When we stand in a state of thankfulness for what we currently have, we evade standing in resentment for what we should have had or desperation for what we could potentially have. We tell the universe that we find life to be delicious, which in turn invites in only more beauty to taste.
Living a life of gratitude is a committed practice, which can come in the form of daily gratitude lists, affirmations, or simply subtle mindset shifts. Less complaining, more reflecting. This way of living is a quest we’re all begging to conquer, but what happens when life is asking of you to begin expressing that same gratitude for the stuff that’s broken you?
Saying thank you for the bloom of a garden that greets us in the springtime, the adventures full of laughter and first times that find us unexpectedly, the yes that feels like an exhale doesn’t cost us any trouble.
It’s saying thank you for the 5 PM nightfall, the uncomfortable conversations that force a truth you hadn’t scripted and rehearsed yet, the no that feels like a personal war that costs us everything we’ve got.
And why should we thank the awful? Why would we embrace pain, look an intruder in the eye and invite him in for coffee?
Because awful is a choice. The perceived poison of our lives is only so because we’ve decided it to be. We decide this is something that is happening “to” us rather than “for” us because it’s unsettling and challenges our attachment to comfort and emotional safety.

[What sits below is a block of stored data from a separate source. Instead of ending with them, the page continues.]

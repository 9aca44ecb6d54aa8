// The top call.
ghost use Rattle.std.specs.Prelude.{◌≡◌, ◌≤◌, ◌<◌, ◌⊎◌, ◌↔◌, true, false, ℕ, List, Some, None, IsNone, IsTrue, length};
ghost use Rattle.vdisk.specs.Causes.{Rose};
ghost use Rattle.volume_inside.specs.declared.mount_fault.MountFault.{MountFault};
ghost use Rattle.ddpsh.specs.declared.commands.Command.{Command};
ghost use Rattle.script_items.specs.declared.limits.TheConstants.{MOST_SCRIPT};
ghost use Rattle.answer_text.specs.Answers.{Refused, text_of};
ghost use Rattle.ddpsh.specs.Clocks.{ReadsOften, IsCutStatus};
ghost use Rattle.ddpsh.specs.Commands.{Asks, IsInRange, usage};
ghost use Rattle.ddpsh.specs.Complete.{CanOpen, DidNotRise, IsComplete};
ghost use Rattle.script_items.specs.Input.{GaveTooMany};
ghost use Rattle.ddpsh.specs.Opens.{IsOpeningFault, is_reason};
ghost use Rattle.ddpsh.specs.Outcomes.{last_line, mount_text};
ghost use Rattle.answer_text.specs.Told.{IsPrinted};
ghost use Rattle.volume_core.specs.Volumes.{device_of, disk_of, view_now, stopped, IsKept};
ghost use Rattle.ddpsh.specs.Whole.{IsRun, IsServedRun, IsRefusedRun, HasEnded, IsEarly, IsEarlyStatus, IsServedStatus};

use crate::acks::Acks;
use crate::commands::{Command, command_of, usage};
use crate::ending::{End, Ran};
use crate::opening::{end_of_refusal, open};
use crate::serving::serve;
use crate::session::Session;
use answer_text::put_all;
use cmdlet_line::Words;
use script_items::VOLUME;
use std::alloc::Global;
use vdisk::{Clock, Disk, Sink, Source};
use volume_core::Volume;
use volume_inside::laws::an_image_has_one_inside;
use volume_tables::MountFault;

/// What a run of the program comes to.
#[derive(Drop)]
pub struct Outcome {
    /// The exit status: 0 where every line was accepted, 1 where some line was refused or the volume could not be let
    /// go, 2 for other words than the command's, 3 where the disk or the clock failed, 4 for want of memory, 5 where
    /// the image is no volume or longer than asked, 6 where the sink failed, 7 where the source failed or is too long.
    pub status: u8,
    /// How many answers were written whole.
    pub lines: u64,
    /// The disk's moment when the volume stood open, where one was opened.
    pub opened: Option<u64>,
    /// What was acknowledged as durable: by each `flush` that was answered `ok`, and when the volume was let go.
    pub acks: Acks,
}

/// The last line of a run; that of a refusal is handed in.
fn last_text(end: End, refusal: &[u8]) -> &[u8]
    requires { (fault : MountFault) → end ≡ End.Refused fault → refusal.now ≡ text_of (Refused (mount_text fault)) }
    ensures { result.now ≡ last_line end }
{
    match end {
        End::Over => b"",
        End::Exit => b"",
        End::Worn => b"",
        End::Sink => b"",
        End::Device => b"fault device\n",
        End::Memory => b"fault memory\n",
        End::Source => b"fault source\n",
        End::TooLong => b"fault script too long\n",
        End::Refused(_) => refusal,
    }
}

/// Prints a last line; a sink that fails here changes nothing.
fn print_last<K: Sink>(out: &mut K, text: &[u8])
    ensures printed { IsPrinted (K.held out.old) (K.faults out.old) text.now (K.held out.new) (K.faults out.new) }
    ensures later { K.faults out.old ≤ K.faults out.new }
{
    let _ = put_all(out, text);
}

/// The outcome where nothing was served.
fn early(alloc: Global, status: u8) -> Outcome
    ensures { IsEarly status result }
{
    Outcome {
        status,
        lines: 0,
        opened: None,
        acks: Acks::from_list(Vec::new(alloc)),
    }
}

/// Tells why no volume was opened.
fn refuse<K: Sink>(alloc: Global, fault: MountFault, out: &mut K) -> Outcome
    ensures told { IsRefusedRun fault (K.held out.old) (K.held out.new) (K.faults out.old) (K.faults out.new) result }
    ensures later { K.faults out.old ≤ K.faults out.new }
{
    let mut text = Vec::new(alloc);
    let end = end_of_refusal(fault, &mut text);
    print_last(out, last_text(end, &text));
    early(alloc, Ran::new(end, false, 0).status())
}

/// Serves the script over a volume, and hands the disk back.
fn serve_script<S: Source, K: Sink, D: Disk, C: Clock>(
    alloc: Global,
    volume: Volume<D>,
    script: &mut S,
    out: &mut K,
    clock: &mut C,
) -> (D, Outcome)
    requires { stopped volume ≡ false }
    ensures run { IsKept volume (view_now volume) → (s : List ℕ) →
        S.left script.old ≡ Some s → IsServedRun volume (D.state result.0) s (K.held out.old) (K.held out.new)
        (K.faults out.old) (K.faults out.new) result.1 }
    ensures clock { IsKept volume (view_now volume) → (s : List ℕ) → S.left script.old ≡ Some s →
        ReadsOften result.1.lines (IsCutStatus result.1.status) (C.answers clock.old) (C.answers clock.new) }
    ensures ended { HasEnded (K.held out.new) (K.faults out.old) (K.faults out.new) result.1 }
    ensures same { (x : D) → D.is_same x (device_of volume) → D.is_same x result.0 }
    ensures status { IsServedStatus result.1.status }
    ensures opened { result.1.opened ≡ Some (disk_of volume).moment }
    ensures device { result.1.status ≡ 3 → Rose (disk_of volume).faults (D.state result.0).faults
        ⊎ Rose (C.faults clock.old) (C.faults clock.new) }
    ensures sink { result.1.status ≡ 6 → Rose (K.faults out.old) (K.faults out.new) }
    ensures source { result.1.status ≡ 7 → Rose (S.faults script.old) (S.faults script.new)
        ⊎ (GaveTooMany (S.given script.old) (S.given script.new)
        × ((s : List ℕ) → S.left script.old ≡ Some s → MOST_SCRIPT < length s)) }
{
    let opened = volume.moment();
    let mut session = Session::new(volume, VOLUME, 0, 1);
    let (ran, acks) = serve(alloc, &mut session, script, out, clock);
    print_last(out, last_text(ran.end, b""));
    let outcome = Outcome {
        status: ran.status(),
        lines: ran.lines,
        opened: Some(opened),
        acks: Acks::from_list(acks),
    };
    (session.into_disk(), outcome)
}

/// Opens the volume, serves the script over it, and hands the disk back.
fn run_over<S: Source, K: Sink, D: Disk, C: Clock>(
    alloc: Global,
    command: Command,
    script: &mut S,
    out: &mut K,
    disk: D,
    clock: &mut C,
) -> (D, Outcome)
    requires { IsInRange command }
    ensures run { IsTrue (D.state disk).tells → (s : List ℕ) → S.left script.old ≡ Some s →
        IsRun command (D.state disk) (D.state result.0) s (K.held out.old) (K.held out.new) (K.faults out.old)
        (K.faults out.new) result.1 }
    ensures clock { IsTrue (D.state disk).tells → (s : List ℕ) → S.left script.old ≡ Some s →
        ReadsOften result.1.lines (IsCutStatus result.1.status) (C.answers clock.old) (C.answers clock.new) }
    ensures ended { HasEnded (K.held out.new) (K.faults out.old) (K.faults out.new) result.1 }
    ensures same { D.is_same disk result.0 }
    ensures words { result.1.status ≡ 2 → ⊥ }
    ensures unread { IsNone result.1.opened → script.new ≡ script.old }
    ensures refused { result.1.status ≡ 5 →
        (fault : MountFault) × IsOpeningFault command (D.state disk) (D.state result.0) fault × (is_reason fault ≡ true) }
    ensures opened { IsNone result.1.opened → IsEarlyStatus result.1.status }
    ensures device { result.1.status ≡ 3 → Rose (D.state disk).faults (D.state result.0).faults
        ⊎ Rose (C.faults clock.old) (C.faults clock.new) }
    ensures sink { result.1.status ≡ 6 → Rose (K.faults out.old) (K.faults out.new) }
    ensures source { result.1.status ≡ 7 → Rose (S.faults script.old) (S.faults script.new)
        ⊎ (GaveTooMany (S.given script.old) (S.given script.new)
        × ((s : List ℕ) → S.left script.old ≡ Some s → MOST_SCRIPT < length s)) }
{
    match open(alloc, command, disk) {
        Ok(volume) => serve_script(alloc, volume, script, out, clock),
        Err((back, fault)) => (back, refuse(alloc, fault, out)),
    }
}

/// Mounts the image on the disk, or makes a fresh volume on it, and serves a script over it, line by line; the answers
/// go to the sink. The end of the script and `exit` make all durable and let the volume go. A fault of the disk, the
/// clock, the source or the sink ends the run, and so does want of memory.
pub fn run<S: Source, K: Sink, D: Disk, C: Clock>(
    alloc: Global,
    words: &Words,
    script: &mut S,
    out: &mut K,
    disk: &mut D,
    clock: &mut C,
) -> Outcome
    ensures run { (command : Command) → Asks words.now command → IsTrue (D.state disk.old).tells → (s : List ℕ) →
        S.left script.old ≡ Some s → IsRun command (D.state disk.old) (D.state disk.new) s (K.held out.old)
        (K.held out.new) (K.faults out.old) (K.faults out.new) result }
    ensures clock { IsTrue (D.state disk.old).tells → (s : List ℕ) → S.left script.old ≡ Some s →
        ReadsOften result.lines (IsCutStatus result.status) (C.answers clock.old) (C.answers clock.new) }
    ensures words { (result.status ≡ 2) ↔ ((command : Command) → Asks words.now command → ⊥) }
    ensures usage { result.status ≡ 2 →
        IsPrinted (K.held out.old) (K.faults out.old) usage (K.held out.new) (K.faults out.new) }
    ensures untouched { result.status ≡ 2 → (disk.new ≡ disk.old) × (clock.new ≡ clock.old) }
    ensures unread { IsNone result.opened → script.new ≡ script.old }
    ensures ended { (command : Command) → Asks words.now command →
        HasEnded (K.held out.new) (K.faults out.old) (K.faults out.new) result }
    ensures opened { IsNone result.opened → IsEarlyStatus result.status }
    ensures refused { (command : Command) → Asks words.now command → result.status ≡ 5 → (fault : MountFault)
        × IsOpeningFault command (D.state disk.old) (D.state disk.new) fault × (is_reason fault ≡ true) }
    ensures device { result.status ≡ 3 → Rose (D.state disk.old).faults (D.state disk.new).faults
        ⊎ Rose (C.faults clock.old) (C.faults clock.new) }
    ensures sink { result.status ≡ 6 → Rose (K.faults out.old) (K.faults out.new) }
    ensures source { result.status ≡ 7 → Rose (S.faults script.old) (S.faults script.new)
        ⊎ (GaveTooMany (S.given script.old) (S.given script.new)
        × ((s : List ℕ) → S.left script.old ≡ Some s → MOST_SCRIPT < length s)) }
    ensures complete { (command : Command) → Asks words.now command → CanOpen command (D.state disk.old) →
        DidNotRise (D.state disk.old).faults (D.state disk.new).faults →
        DidNotRise (C.faults clock.old) (C.faults clock.new) → DidNotRise (K.faults out.old) (K.faults out.new) →
        DidNotRise (S.faults script.old) (S.faults script.new) → (s : List ℕ) → S.left script.old ≡ Some s →
        IsComplete s result.status }
{
    an_image_has_one_inside();
    match command_of(words) {
        None => {
            print_last(out, usage());
            early(alloc, 2)
        }
        Some(command) => {
            let (back, outcome) = run_over(alloc, command, script, out, &mut *disk, clock);
            // The disk that came back is the one that was lent.
            let _size = back.size();
            outcome
        }
    }
}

Life’s tower moments make us feel emotions we’ve been conditioned to see as negative, moments that urge us to confront the wounds and triggers associated with said discomfort.
Sure, this is tougher to stomach when we’re confronting grief or deep loss. But these are emotions that seem to be inevitable within the human experience— you can drag it out in resistance to it, or hold its hand and alchemize it into something that deepens you.
The 5 PM nightfall gifts you a chance to spend more evenings at home, less distracted, and more attentive to the nighttime self-care routine you now have a chance to build.
The unexpected uncomfortable conversation is a brutal and necessary lesson in boundaries, in radical self-love, in the hardening of your strength and liberation of your stagnant truth.
And the no that feels like a personal war— well, if you hadn’t grown so much if you hadn’t done so much work on your own personal evolution, that no would have been a people-pleasing yes, and what a beautiful opportunity to be shown just how far you’ve come.
If life weren’t to have these peaks and valleys, we’d remain simple and uninspired. And sure, maybe that’s conceptually inviting— a predictable life lacking challenge and strife. But we’d be missing out on the emotional biodiversity of being human, of the range of feelings we amongst other mammals uniquely sit with. You’d only be able to connect with others on a dermis level because you wouldn’t be able to envision the colors of life they’d open up about, the deeper and darker shades you’d never seen before.
Every trial and tribulation, every pivot and turn, is a winding road that leads you to the evolution of self you would have never met had life not put you through an obstacle course. How can you truly bask in thankfulness for a sweet flavor without knowing what it’s like to be fed sour?
It’s easy to heal when we’re in a therapy session or in our bedrooms journaling. Safe, in control. The real test is when we’re in the eye of a trigger, in the physical experience of it all that life asks of you “Are you really committed? To living a life of full potential, of self-empowerment, of gratitude for every drop of it?”
But what’s most important is that this doesn’t mean to spiritually bypass, or turn the other cheek in the face of abuse. To blindly smile through anguish will only push it down further until it festers and becomes a much larger wound. Acknowledge the envy, the rage, the disappointment, the betrayal, and the suffering. Hold all those responsible accountable and sit with the ick it’s brought you.
The key to living life gratefully is to communicate with your feelings honestly and make sure that the last stage of your grieving process is the sigh of relief that it happened to you. That it brought you an invaluable deepening. That you now have a story to tell.
So take some time to sit with all the ways in which your heartbreaks and failures changed you, awakened a new knowing, and grew you into a new era of self. What they taught you about new boundaries to build, or perhaps ones meant to be demolished, and the reacquaintance of bravery you’d left in childhood.
And maybe, just maybe, you’ll be glad it all happened.